── Input for this task

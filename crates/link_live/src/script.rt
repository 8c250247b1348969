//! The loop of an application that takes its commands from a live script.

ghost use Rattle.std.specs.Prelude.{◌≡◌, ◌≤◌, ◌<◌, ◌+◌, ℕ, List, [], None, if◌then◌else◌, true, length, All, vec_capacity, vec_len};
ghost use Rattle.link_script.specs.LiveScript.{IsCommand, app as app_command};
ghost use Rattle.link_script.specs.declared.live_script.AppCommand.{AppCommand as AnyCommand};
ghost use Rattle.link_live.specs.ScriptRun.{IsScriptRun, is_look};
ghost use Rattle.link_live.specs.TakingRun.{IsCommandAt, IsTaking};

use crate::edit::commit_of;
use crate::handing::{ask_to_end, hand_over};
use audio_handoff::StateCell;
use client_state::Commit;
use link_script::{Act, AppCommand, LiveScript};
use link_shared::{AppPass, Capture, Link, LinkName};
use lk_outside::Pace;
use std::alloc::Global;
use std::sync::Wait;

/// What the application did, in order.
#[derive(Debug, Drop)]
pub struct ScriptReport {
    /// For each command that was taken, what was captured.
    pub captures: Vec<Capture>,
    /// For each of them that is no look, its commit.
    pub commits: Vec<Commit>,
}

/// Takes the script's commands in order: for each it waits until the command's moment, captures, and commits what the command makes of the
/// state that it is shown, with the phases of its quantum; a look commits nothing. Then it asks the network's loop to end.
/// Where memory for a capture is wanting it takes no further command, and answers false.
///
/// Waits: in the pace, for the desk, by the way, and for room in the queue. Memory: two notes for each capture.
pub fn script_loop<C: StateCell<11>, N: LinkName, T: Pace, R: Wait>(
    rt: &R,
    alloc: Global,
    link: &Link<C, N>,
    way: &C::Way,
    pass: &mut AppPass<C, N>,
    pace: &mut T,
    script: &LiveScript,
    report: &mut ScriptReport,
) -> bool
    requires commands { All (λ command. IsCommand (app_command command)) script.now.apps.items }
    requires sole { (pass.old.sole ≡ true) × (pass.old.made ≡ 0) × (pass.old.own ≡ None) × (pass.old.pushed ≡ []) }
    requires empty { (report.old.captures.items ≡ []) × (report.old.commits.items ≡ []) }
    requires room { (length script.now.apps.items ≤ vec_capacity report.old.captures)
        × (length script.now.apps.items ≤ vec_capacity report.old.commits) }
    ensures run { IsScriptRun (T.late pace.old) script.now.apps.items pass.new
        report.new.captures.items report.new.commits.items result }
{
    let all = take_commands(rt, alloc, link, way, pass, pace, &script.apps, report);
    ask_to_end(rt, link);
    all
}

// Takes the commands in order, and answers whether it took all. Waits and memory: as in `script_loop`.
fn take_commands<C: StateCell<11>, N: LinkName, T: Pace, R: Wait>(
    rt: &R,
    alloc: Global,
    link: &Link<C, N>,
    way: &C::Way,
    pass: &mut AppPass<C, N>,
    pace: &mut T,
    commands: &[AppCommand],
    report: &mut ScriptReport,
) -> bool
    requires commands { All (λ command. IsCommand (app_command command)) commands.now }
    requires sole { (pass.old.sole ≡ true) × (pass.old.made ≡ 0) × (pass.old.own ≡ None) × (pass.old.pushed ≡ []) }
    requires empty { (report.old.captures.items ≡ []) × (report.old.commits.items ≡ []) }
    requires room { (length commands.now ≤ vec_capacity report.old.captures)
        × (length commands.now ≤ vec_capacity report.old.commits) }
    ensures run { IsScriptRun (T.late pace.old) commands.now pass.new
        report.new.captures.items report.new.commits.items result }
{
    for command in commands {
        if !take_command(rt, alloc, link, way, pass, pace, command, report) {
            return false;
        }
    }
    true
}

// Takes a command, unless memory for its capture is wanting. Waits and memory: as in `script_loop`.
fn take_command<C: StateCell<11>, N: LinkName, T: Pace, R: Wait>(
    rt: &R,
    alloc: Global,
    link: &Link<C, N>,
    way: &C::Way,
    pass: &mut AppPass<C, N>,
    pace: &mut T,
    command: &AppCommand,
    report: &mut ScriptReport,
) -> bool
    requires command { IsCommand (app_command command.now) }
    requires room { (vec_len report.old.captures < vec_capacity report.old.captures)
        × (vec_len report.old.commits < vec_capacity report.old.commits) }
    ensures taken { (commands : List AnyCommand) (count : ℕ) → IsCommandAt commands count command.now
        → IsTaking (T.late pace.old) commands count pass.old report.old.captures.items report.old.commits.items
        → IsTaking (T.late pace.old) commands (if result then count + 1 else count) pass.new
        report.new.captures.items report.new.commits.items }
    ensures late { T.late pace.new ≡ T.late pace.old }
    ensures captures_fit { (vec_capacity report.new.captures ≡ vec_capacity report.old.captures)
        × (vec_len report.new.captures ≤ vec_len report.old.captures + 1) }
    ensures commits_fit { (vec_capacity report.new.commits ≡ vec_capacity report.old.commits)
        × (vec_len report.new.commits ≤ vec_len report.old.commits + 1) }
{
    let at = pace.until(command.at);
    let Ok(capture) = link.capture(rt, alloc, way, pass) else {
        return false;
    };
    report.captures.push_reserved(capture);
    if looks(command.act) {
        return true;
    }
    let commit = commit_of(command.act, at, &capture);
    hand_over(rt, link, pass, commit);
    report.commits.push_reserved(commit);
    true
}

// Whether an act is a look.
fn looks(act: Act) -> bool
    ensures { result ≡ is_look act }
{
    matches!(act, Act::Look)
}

────

Activity: Please set down each entry again, word for word.

Result of the task:
filename crates/link_live/src/script.rt
repository 8c250247b1348969
//! The loop of an application that takes its commands from a live script.

ghost use Rattle.std.specs.Prelude.{◌≡◌, ◌≤◌, ◌<◌, ◌+◌, ℕ, List, [], None, if◌then◌else◌, true, length, All, vec_capacity, vec_len};
ghost use Rattle.link_script.specs.LiveScript.{IsCommand, app as app_command};
ghost use Rattle.link_script.specs.declared.live_script.AppCommand.{AppCommand as AnyCommand};
ghost use Rattle.link_live.specs.ScriptRun.{IsScriptRun, is_look};
ghost use Rattle.link_live.specs.TakingRun.{IsCommandAt, IsTaking};

use crate::edit::commit_of;
use crate::handing::{ask_to_end, hand_over};
use audio_handoff::StateCell;
use client_state::Commit;
use link_script::{Act, AppCommand, LiveScript};
use link_shared::{AppPass, Capture, Link, LinkName};
use lk_outside::Pace;
use std::alloc::Global;
use std::sync::Wait;

/// What the application did, in order.
#[derive(Debug, Drop)]
pub struct ScriptReport {
    /// For each command that was taken, what was captured.
    pub captures: Vec<Capture>,
    /// For each of them that is no look, its commit.
    pub commits: Vec<Commit>,
}

/// Takes the script's commands in order: for each it waits until the command's moment, captures, and commits what the command makes of the
/// state that it is shown, with the phases of its quantum; a look commits nothing. Then it asks the network's loop to end.
/// Where memory for a capture is wanting it takes no further command, and answers false.
///
/// Waits: in the pace, for the desk, by the way, and for room in the queue. Memory: two notes for each capture.
pub fn script_loop<C: StateCell<11>, N: LinkName, T: Pace, R: Wait>(
    rt: &R,
    alloc: Global,
    link: &Link<C, N>,
    way: &C::Way,
    pass: &mut AppPass<C, N>,
    pace: &mut T,
    script: &LiveScript,
    report: &mut ScriptReport,
) -> bool
    requires commands { All (λ command. IsCommand (app_command command)) script.now.apps.items }
    requires sole { (pass.old.sole ≡ true) × (pass.old.made ≡ 0) × (pass.old.own ≡ None) × (pass.old.pushed ≡ []) }
    requires empty { (report.old.captures.items ≡ []) × (report.old.commits.items ≡ []) }
    requires room { (length script.now.apps.items ≤ vec_capacity report.old.captures)
        × (length script.now.apps.items ≤ vec_capacity report.old.commits) }
    ensures run { IsScriptRun (T.late pace.old) script.now.apps.items pass.new
        report.new.captures.items report.new.commits.items result }
{
    let all = take_commands(rt, alloc, link, way, pass, pace, &script.apps, report);
    ask_to_end(rt, link);
    all
}

// Takes the commands in order, and answers whether it took all. Waits and memory: as in `script_loop`.
fn take_commands<C: StateCell<11>, N: LinkName, T: Pace, R: Wait>(
    rt: &R,
    alloc: Global,
    link: &Link<C, N>,
    way: &C::Way,
    pass: &mut AppPass<C, N>,
    pace: &mut T,
    commands: &[AppCommand],
    report: &mut ScriptReport,
) -> bool
    requires commands { All (λ command. IsCommand (app_command command)) commands.now }
    requires sole { (pass.old.sole ≡ true) × (pass.old.made ≡ 0) × (pass.old.own ≡ None) × (pass.old.pushed ≡ []) }
    requires empty { (report.old.captures.items ≡ []) × (report.old.commits.items ≡ []) }
    requires room { (length commands.now ≤ vec_capacity report.old.captures)
        × (length commands.now ≤ vec_capacity report.old.commits) }
    ensures run { IsScriptRun (T.late pace.old) commands.now pass.new
        report.new.captures.items report.new.commits.items result }
{
    for command in commands {
        if !take_command(rt, alloc, link, way, pass, pace, command, report) {
            return false;
        }
    }
    true
}

// Takes a command, unless memory for its capture is wanting. Waits and memory: as in `script_loop`.
fn take_command<C: StateCell<11>, N: LinkName, T: Pace, R: Wait>(
    rt: &R,
    alloc: Global,
    link: &Link<C, N>,
    way: &C::Way,
    pass: &mut AppPass<C, N>,
    pace: &mut T,
    command: &AppCommand,
    report: &mut ScriptReport,
) -> bool
    requires command { IsCommand (app_command command.now) }
    requires room { (vec_len report.old.captures < vec_capacity report.old.captures)
        × (vec_len report.old.commits < vec_capacity report.old.commits) }
    ensures taken { (commands : List AnyCommand) (count : ℕ) → IsCommandAt commands count command.now
        → IsTaking (T.late pace.old) commands count pass.old report.old.captures.items report.old.commits.items
        → IsTaking (T.late pace.old) commands (if result then count + 1 else count) pass.new
        report.new.captures.items report.new.commits.items }
    ensures late { T.late pace.new ≡ T.late pace.old }
    ensures captures_fit { (vec_capacity report.new.captures ≡ vec_capacity report.old.captures)
        × (vec_len report.new.captures ≤ vec_len report.old.captures + 1) }
    ensures commits_fit { (vec_capacity report.new.commits ≡ vec_capacity report.old.commits)
        × (vec_len report.new.commits ≤ vec_len report.old.commits + 1) }
{
    let at = pace.until(command.at);
    let Ok(capture) = link.capture(rt, alloc, way, pass) else {
        return false;
    };
    report.captures.push_reserved(capture);
    if looks(command.act) {
        return true;
    }
    let commit = commit_of(command.act, at, &capture);
    hand_over(rt, link, pass, commit);
    report.commits.push_reserved(commit);
    true
}

// Whether an act is a look.
fn looks(act: Act) -> bool
    ensures { result ≡ is_look act }
{
    matches!(act, Act::Look)
}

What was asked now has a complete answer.